BMXの畠山紗英が東京五輪でのメダル獲得へ使命感。「出るだけでは意味がない」という理由

  • 佐藤俊●文 text by Sato Shun
  • photo by Kyodo News

 BMXが五輪の正式種目に採用されたのは、2008年の北京大会だった。

「私もいつか(五輪に)出たい」

 テレビの画面を見つめていた当時9歳の畠山紗英は、強くそう思ったという。それから13年、夢見た舞台に立とうとしている。

東京五輪のBMX代表に内定している畠山紗英東京五輪のBMX代表に内定している畠山紗英 畠山が自転車に乗り始めたのは2歳半の頃だった。3歳で補助輪を取り、周囲を驚かせ、4歳になるとレースに出場した。「いつもビリでした」となかなか結果を出せなかったが、6歳でレース初優勝を果たした。

「当時は勝つことよりも、単純にレースが楽しかったですね」

 小学生時代は敵なしで勝ち続け、2009年には年齢別世界選手権で優勝。世界でも畠山の名が知られるようになった。

 そして14歳の時、大きなサプライズが訪れる。

「クリスマスの時、母親に『買い物に行こう』と言われ、レッドブルのオフィスに連れていかれたんです。すると、オフィスのロビーに大きなクリスマスツリーが飾られていて、その下にプレゼントが置いてあって......開けてみると、レッドブルのロゴがペイントされたヘルメットが入っていたんです」

 世界のエクストリーム系の競技で目立つレッドブルのディケールは選手たちにとって憧れだ。レッドブルアスリートは、世界で選ばれたトップ選手しかなれない。畠山は以前に、レッドブルのイベントのエキシビションに出場したことがあり、そこから縁がつながっていた。しかし、まさかレッドブルと契約できるとは思っていなかったという。

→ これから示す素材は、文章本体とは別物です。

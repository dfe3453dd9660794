#![tactic(auto)]
// Document 01's worked examples, proved of the definitions: proofs/Examples.antt. There is no code here.
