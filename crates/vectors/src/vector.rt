// A vector block: what one authentication of a card takes.
ghost use Rattle.std.specs.Prelude.{◌≡◌, ◌+◌, ◌≤◌, length, take, drop};
ghost use Rattle.octets.specs.Run.{Mask};
ghost use Rattle.vectors.specs.VectorBlock.{vector_of, sound_limits, sound_rest, sound_vector, card_of, rand_autn_of, xres_of, confidentiality_of, integrity_of};

use blocks::BLOCK;
use octets::{run, sum};

// The numbers of a vector block: kind, used, and the lengths of XRES and of the private identity. Its name, its challenge and its keys stay in the
// file.
#[derive(Clone, Copy)]
pub struct Vector {
    pub kind: u8,
    pub used: u8,
    pub xres: u8,
    pub private: u8,
}

impl Vector {
    // Where each field stands.
    pub const KIND_AT: usize = 0;

    pub const USED_AT: usize = 1;

    pub const XRES_LENGTH_AT: usize = 2;

    pub const PRIVATE_LENGTH_AT: usize = 3;

    pub const PRIVATE_AT: usize = 4;

    pub const RAND_AUTN_AT: usize = 132;

    pub const XRES_AT: usize = 164;

    pub const CONFIDENTIALITY_KEY_AT: usize = 180;

    pub const INTEGRITY_KEY_AT: usize = 196;

    pub const REST_AT: usize = 212;

    pub const CHECK_AT: usize = 508;

    // The bytes of RAND and AUTN, and of each key.
    pub const RAND_AUTN: usize = 32;

    pub const KEY: usize = 16;

    // What each may hold.
    pub const KIND: u8 = 3;

    pub const MOST_USED: u8 = 1;

    pub const LEAST_XRES: u8 = 4;

    pub const MOST_XRES: u8 = 16;

    pub const LEAST_PRIVATE: u8 = 1;

    pub const MOST_PRIVATE: u8 = 128;

    // The numbers of a block.
    pub fn read(b: &[u8; BLOCK]) -> Vector
        ensures { result ≡ vector_of b.now }
    {
        Vector {
            kind: b[Vector::KIND_AT],
            used: b[Vector::USED_AT],
            xres: b[Vector::XRES_LENGTH_AT],
            private: b[Vector::PRIVATE_LENGTH_AT],
        }
    }

    // Each number within its limits.
    fn limits(self) -> bool
        ensures { result ≡ sound_limits self }
    {
        (self.kind == Vector::KIND)
            & (self.used <= Vector::MOST_USED)
            & (Vector::LEAST_XRES <= self.xres)
            & (self.xres <= Vector::MOST_XRES)
            & (Vector::LEAST_PRIVATE <= self.private)
            & (self.private <= Vector::MOST_PRIVATE)
    }
}

// "Bytes not named are zero, and so are unused places in a field", as of a record.
fn rest(b: &[u8; BLOCK], v: Vector, mask: &[u8]) -> bool
    requires { (v.private ≤ 128) × (v.xres ≤ 16) × Mask mask.now }
    ensures { result ≡ sound_rest b.now v }
{
    run::set_past(b, Vector::PRIVATE_AT, 16, v.private as usize, mask)
        | run::set_past(b, Vector::XRES_AT, 2, v.xres as usize, mask)
        | run::set_bits(b, Vector::REST_AT, 37)
        == 0
}

// Whether a block is a sound vector. Its numbers come first: what is zero goes by them.
pub fn sound(b: &[u8; BLOCK], mask: &[u8]) -> bool
    requires { Mask mask.now }
    ensures { result ≡ sound_vector b.now }
{
    let v = Vector::read(b);
    v.limits() && (sum::sum_words(b, 128) == 0) & rest(b, v, mask)
}

// The n bytes from a place on.
fn part(b: &[u8; BLOCK], at: usize, n: usize) -> &[u8]
    requires { at + n ≤ 512 }
    ensures { (result.now ≡ take n (drop at b.now)) × (length result.now ≡ n) }
{
    &b[at..at + n]
}

// The private identity that a vector is for.
pub fn private(b: &[u8; BLOCK]) -> &[u8]
    ensures { (result.now ≡ card_of b.now) × (length result.now ≤ 255) }
{
    part(
        b,
        Vector::PRIVATE_AT,
        octets::byte(b, Vector::PRIVATE_LENGTH_AT),
    )
}

// "They are sent as stored": RAND and AUTN, the true length of XRES, the two keys.
pub fn rand_autn(b: &[u8; BLOCK]) -> &[u8]
    ensures { (result.now ≡ rand_autn_of b.now) × (length result.now ≡ 32) }
{
    part(b, Vector::RAND_AUTN_AT, Vector::RAND_AUTN)
}

pub fn xres(b: &[u8; BLOCK]) -> &[u8]
    requires { (vector_of b.now).xres ≤ 16 }
    ensures { (result.now ≡ xres_of b.now) × (length result.now ≡ (vector_of b.now).xres) }
{
    part(b, Vector::XRES_AT, octets::byte(b, Vector::XRES_LENGTH_AT))
}

pub fn confidentiality_key(b: &[u8; BLOCK]) -> &[u8]
    ensures { (result.now ≡ confidentiality_of b.now) × (length result.now ≡ 16) }
{
    part(b, Vector::CONFIDENTIALITY_KEY_AT, Vector::KEY)
}

pub fn integrity_key(b: &[u8; BLOCK]) -> &[u8]
    ensures { (result.now ≡ integrity_of b.now) × (length result.now ≡ 16) }
{
    part(b, Vector::INTEGRITY_KEY_AT, Vector::KEY)
}
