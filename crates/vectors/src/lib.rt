#![tactic(auto)]
// The vector file: what a vector is, the check of the file, the first unused ones of a private identity, and their mark.
pub mod choice;
pub mod file;
pub mod mark;
pub mod vector;

// The one authentication scheme that is served.
pub const SCHEME: [u8; 16] = *b"Digest-AKAv1-MD5";
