// Lines of numbers alone, and the line of a refusal of text.
#![tactic(auto)]

ghost use Rattle.std.specs.Prelude.{◌++◌, ◌∷◌, [], ◌+◌, ◌*◌, ◌≤◌, length};
ghost use Rattle.report.specs.Programs.{rest, refused_word};
ghost use Rattle.report.specs.Replies.{Replied, line_needed};
ghost use Rattle.report_lines.specs.Put.{Put};
ghost use Rattle.replies.specs.Lines.{numbers_line, text_line};

use text::TextRefusal;

// Puts the line of these numbers at `at`, and answers the place after it.
pub fn put_numbers(out: &mut [u8], at: usize, first: usize, others: &[usize]) -> usize
    requires { at + 21 * length others.now + 21 ≤ length out.old }
    ensures { Put (numbers_line first others.now) out.old at result out.new }
{
    let next = report_lines::put_decimal(out, at, first);
    report_lines::put_rest(out, next, others)
}

// Puts the line `refused number place` at the start of `out`, and answers its length.
fn refused_with(out: &mut [u8], number: usize, place: usize) -> usize
    requires { line_needed ≤ length out.old }
    ensures { Replied (refused_word ++ rest (number ∷ place ∷ [])) result out.old out.new }
{
    let numbers = [number, place];
    report_lines::line(out, b"refused", &numbers)
}

// Puts the line of a refusal of text at the start of `out`, and answers its length.
pub fn text_line(out: &mut [u8], e: TextRefusal) -> usize
    requires { line_needed ≤ length out.old }
    ensures { Replied (text_line e) result out.old out.new }
{
    match e {
        TextRefusal::Arguments(most) => refused_with(out, 22, most),
        TextRefusal::Unreadable(line) => refused_with(out, 23, line),
        TextRefusal::TooLong(most) => refused_with(out, 24, most),
    }
}
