//! Lists whose copies share their items, at any length.
ghost use Rattle.std.specs.Prelude.{nat_lt};

use sm_base::{Copied, Keyed, NoMemory, Picks, SharedList, Text};
use std::alloc::Global;
use std::test::Fail;

/// An item with a number.
#[derive(Drop)]
struct Numbered {
    number: u64,
    key: Text,
}

impl Keyed for Numbered {
    ghost key = { λ item. item.key };

    fn key(&self) -> &[u8] {
        self.key.as_bytes()
    }
}

fn item_of(number: u64) -> Numbered {
    Numbered {
        number,
        key: Text::fixed("key"),
    }
}

/// Items with a number below a bound.
struct Below {
    bound: u64,
}

impl Picks<Numbered> for Below {
    ghost picked = { λ below item. nat_lt item.number below.bound };

    fn picks(&self, item: &Numbered) -> bool {
        item.number < self.bound
    }
}

/// A list to which so many items were added, each to a copy of the list before it, as a row is changed. Each third
/// change puts an item with a number from 1,000 on in the place of an older one too.
fn changed(alloc: Global, count: usize) -> Result<SharedList<Numbered>, NoMemory> {
    let mut all = SharedList::empty(alloc);
    for number in 0..count {
        let mut next = all.copy(alloc)?;
        next.push(alloc, item_of(number as u64))?;
        if number % 3 == 0 && number / 2 < next.len() {
            next.replace(alloc, number / 2, item_of(1000 + (number % 1000) as u64))?;
        }
        all = next;
    }
    Ok(all)
}

/// The numbers of these items, made on a vector.
fn changed_numbers(alloc: Global, count: usize) -> Result<Vec<u64>, NoMemory> {
    let mut all = Vec::new(alloc);
    for number in 0..count {
        all.push(number as u64)?;
        if number % 3 == 0 && number / 2 < all.len() {
            all[number / 2] = 1000 + (number % 1000) as u64;
        }
    }
    Ok(all)
}

/// The number of the item at a place.
fn number_at(all: &SharedList<Numbered>, place: usize) -> Option<u64> {
    match all.get(place) {
        Some(item) => Some(item.number),
        None => None,
    }
}

/// A number that shows the numbers of the items, in their order.
fn shown(alloc: Global, all: &SharedList<Numbered>) -> Result<u64, NoMemory> {
    let mut shown: u64 = 0;
    for item in all.items(alloc)? {
        shown = shown.wrapping_mul(10).wrapping_add(item.number);
    }
    Ok(shown)
}

/// The same of numbers.
fn wanted_shown(numbers: &[u64]) -> u64 {
    let mut shown: u64 = 0;
    for number in numbers {
        shown = shown.wrapping_mul(10).wrapping_add(*number);
    }
    shown
}

/// Whether the items of the list, in order and by their places, have these numbers.
fn has_numbers(
    alloc: Global,
    all: &SharedList<Numbered>,
    wanted: &[u64],
) -> Result<bool, NoMemory> {
    let mut same = all.len() == wanted.len();
    for place in 0..wanted.len() {
        same = same && number_at(all, place) == Some(wanted[place]);
    }
    Ok(same && shown(alloc, all)? == wanted_shown(wanted))
}

/// Whether a list of so many changes has what it should, before and after its newer items were taken out, and one was
/// added to what is left; and whether its copy has what it had.
fn is_right(alloc: Global, count: usize) -> Result<bool, NoMemory> {
    let mut all = changed(alloc, count)?;
    let mut wanted = changed_numbers(alloc, count)?;
    let copy = all.copy(alloc)?;
    let before = has_numbers(alloc, &all, wanted.as_slice())?;
    all.retain(&Below { bound: 1000 });
    all.push(alloc, item_of(count as u64))?;
    let copied = has_numbers(alloc, &copy, wanted.as_slice())?;
    wanted.retain(|number| *number < 1000);
    wanted.push(count as u64)?;
    Ok(before && copied && has_numbers(alloc, &all, wanted.as_slice())?)
}

/// Counts of changes beside those at which items move to another run.
static COUNTS: [usize; 12] = [0, 1, 2, 8, 9, 17, 40, 41, 49, 90, 130, 250];

#[test]
fn lists_of_any_length_are_right(rt: HostRuntime) -> Result<(), Fail> {
    for count in &COUNTS {
        assert!(rt; is_right(rt.alloc(), *count)?, "{count}");
    }
    Ok(())
}
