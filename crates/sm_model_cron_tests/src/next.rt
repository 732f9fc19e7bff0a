//! When schedules come next.
//!
//! The table was made by `tools/schedules`, which walks over Python's calendar a day at a time.
use sm_cron::Schedule;
use std::alloc::Global;
use std::test::Fail;

/// Moments, schedules and their next moments: month ends, leap days, centuries, names, steps, and some that never come;
/// and behind them the first forty lines of `tools/schedules --random 40 --seed 7`.
const LINES: &str = "\
    1700000000 cron(0 8 1 * ? *) -> 1701417600\n\
    1700000000 cron(0 0 L * ? *) -> 1701302400\n\
    1700000000 cron(0 */6 ? * TUE *) -> 1700524800\n\
    1699999200 cron(0 22 14 11 ? *) -> 1731621600\n\
    1700000000 cron(0 0 30 2 ? *) -> none\n\
    1700000000 rate(10 days) -> 1700864000\n\
    1700000000 cron(0 0 29 2 ? *) -> 1709164800\n\
    4102444800 cron(0 0 29 2 ? *) -> 4233686400\n\
    1700000000 cron(0 0 29 2 MON *) -> 2340316800\n\
    1700000000 cron(0 23 31 12 SUN-SAT *) -> 1704063600\n\
    0 cron(0 0 1 1 ? *) -> 31536000\n\
    0 cron(0 0 ? * THU *) -> 604800\n\
    0 cron(0 0 ? * 1 *) -> 259200\n\
    1709164799 cron(0 0 L 2 ? *) -> 1709164800\n\
    1709164800 cron(0 0 L 2 ? *) -> 1740700800\n\
    1699999199 cron(0 22 14 11 ? *) -> 1699999200\n\
    1700000000 cron(0 /5 */10 JAN-MAR,OCT MON-5 *) -> 1704067200\n\
    1700000000 cron(0 20/3 ? * * *) -> 1700002800\n\
    199999999999 cron(0 0 29 2 SUN *) -> 200391667200\n\
    200000000000 cron(0 23 L * ? *) -> 200002604400\n\
    200000000000 rate(24000 hours) -> 200086400000\n\
    1700000000 rate(4 hour) -> 1700014400\n\
    1700000000 rate(1 days) -> 1700086400\n\
    1700000000 rate(1000 day) -> 1786400000\n\
    1700000000 cron(0 0 31 FEB,APR,JUN,SEP,NOV ? *) -> none\n\
    951782400 cron(0 12 L 2 TUE *) -> 951825600\n\
    108022074679 cron(0 * 30 * SUN *) -> 108035078400\n\
    32493376207 cron(0 1,12,7 14 * 1 *) -> 32525802000\n\
    27369239043 cron(0 * 22,25 6,DEC-12 TUE-SAT,7 *) -> 27375062400\n\
    10401115241 cron(0 * 20 /3 ? *) -> 10407484800\n\
    157398219905 cron(0 22 31 * 7 *) -> 157406104800\n\
    109083139920 cron(0 14 * 5-11,MAR,NOV TUE *) -> 109083420000\n\
    169089656557 cron(0 19-19,/26,17 16-17 * TUE-SAT *) -> 169091280000\n\
    169065417263 rate(899 hours) -> 169068653663\n\
    105716621340 cron(0 * 4,*/16 MAR * *) -> 105720940800\n\
    6512607170 cron(0 4-4 /28 * 7 *) -> 6513883200\n\
    92353380491 cron(0 /26 L JAN-4 */3,MON *) -> 92374992000\n\
    57285146285 cron(0 0,20,20 26-27,*/26 DEC /29 *) -> 57433276800\n\
    41471595163 cron(0 21/18,17 L DEC/27,APR,9 ? *) -> 41476294800\n\
    37942578612 rate(761 day) -> 38008329012\n\
    128409660922 cron(0 /5,17,16 20 3 6 *) -> 128538230400\n\
    15291355487 cron(0 * 1-30,3,/17 * 7,6,3/27 *) -> 15291356400\n\
    36281857469 cron(0 2-15 L */5 * *) -> 36287661600\n\
    128709624799 cron(0 15,21/23 13,7,3-3 AUG-12,SEP/29 ? *) -> 128710566000\n\
    9757824092 cron(0 * 13 AUG-8,MAR,1-2 ? *) -> 9770457600\n\
    33770361348 cron(0 */20,4,22 * * ? *) -> 33770376000\n\
    84304500442 cron(0 * 9 * * *) -> 84304972800\n\
    140587509750 cron(0 * ? * */23,/24,6 *) -> 140587660800\n\
    17102052694 cron(0 * 3-15 OCT TUE *) -> 17127763200\n\
    94325154920 cron(0 */7 11 11,1,MAR ? *) -> 94329705600\n\
    62833953693 rate(984 hours) -> 62837496093\n\
    166984423037 cron(0 4,19-19 21,23/30,17-26 11 SUN *) -> 166995835200\n\
    103529827933 cron(0 20 ? * 5,FRI-6,MON-7 *) -> 103529908800\n\
    135121131684 cron(0 * 21-22,20,9-31 MAR,MAY/22,8 7,MON *) -> 135133056000\n\
    6326251338 cron(0 * 7/3,19 6 FRI *) -> 6326294400\n\
    136907001294 cron(0 * 10-23,12 * ? *) -> 136907884800\n\
    110978135832 cron(0 23 /3,*/28 * ? *) -> 110978204400\n\
    65064091871 cron(0 6-19 /18,7-8 AUG-OCT,SEP 3-THU *) -> 65090412000\n\
    82629437100 cron(0 5-7 ? JUN/18,APR 2 *) -> 82629954000\n\
    115408414787 cron(0 12 9,12 FEB 4/5,1 *) -> 115438737600\n\
    132303243179 cron(0 /28 8-15,5 12-DEC 7 *) -> 132316502400\n\
    176255114399 cron(0 16-17 ? APR,10,AUG 4 *) -> 176255625600\n\
    195042239446 cron(0 * 3,22 1-6,APR MON *) -> 195058022400\n\
    60962479178 cron(0 * L 4 * *) -> 60978268800\n\
    111333813867 rate(28 hours) -> 111333914667\n\
    14668966595 cron(0 * 24 * 6/10 *) -> 14670720000\n\
";

/// The line with the next moment that is found.
fn found(alloc: Global, line: &str) -> Result<String, Fail> {
    let (moment, behind) = line.split_once(' ').ok_or("a moment")?;
    let (text, _wanted) = behind.split_once(" -> ").ok_or("a schedule")?;
    let moment = moment.parse::<u64>().ok().ok_or("a moment")?;
    match next(text, moment)? {
        Some(next) => Ok(format!(in alloc; "{moment} {text} -> {next}")?),
        None => Ok(format!(in alloc; "{moment} {text} -> none")?),
    }
}

/// When a schedule comes next.
fn next(text: &str, moment: u64) -> Result<Option<u64>, Fail> {
    match Schedule::read(text.as_bytes()) {
        Ok(schedule) if moment <= 200_000_000_000 => Ok(schedule.next(moment)),
        _ => Err("no schedule, or a late moment".into()),
    }
}

#[test]
fn schedules_come_next(rt: HostRuntime) -> Result<(), Fail> {
    for line in LINES.lines() {
        let wanted = line.trim_start();
        let came = found(rt.alloc(), wanted)?;
        assert!(rt; came.as_str() == wanted, "{wanted}: {came}");
    }
    Ok(())
}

「トップ選手がレッドブルのヘルメットを被っていてカッコいいと思っていたのですが、まさか自分がその仲間になれるとは想像もしていませんでした。本当にうれしかったです。その時に『いい走りをしないといけない』と、小さいながらもプロ意識みたいなものが芽生えました」

 畠山は14歳にして、レッドブルにスポンサードされるプロになったのである。

 中学、高校時代は、学校にBMXの部活がなく、放課後に遠方にあるコースにも行けないため、近所でダッシュするなどの練習を繰り返した。土日はBMXコースに連れて行ってもらい、朝から夕方まで走り続けた。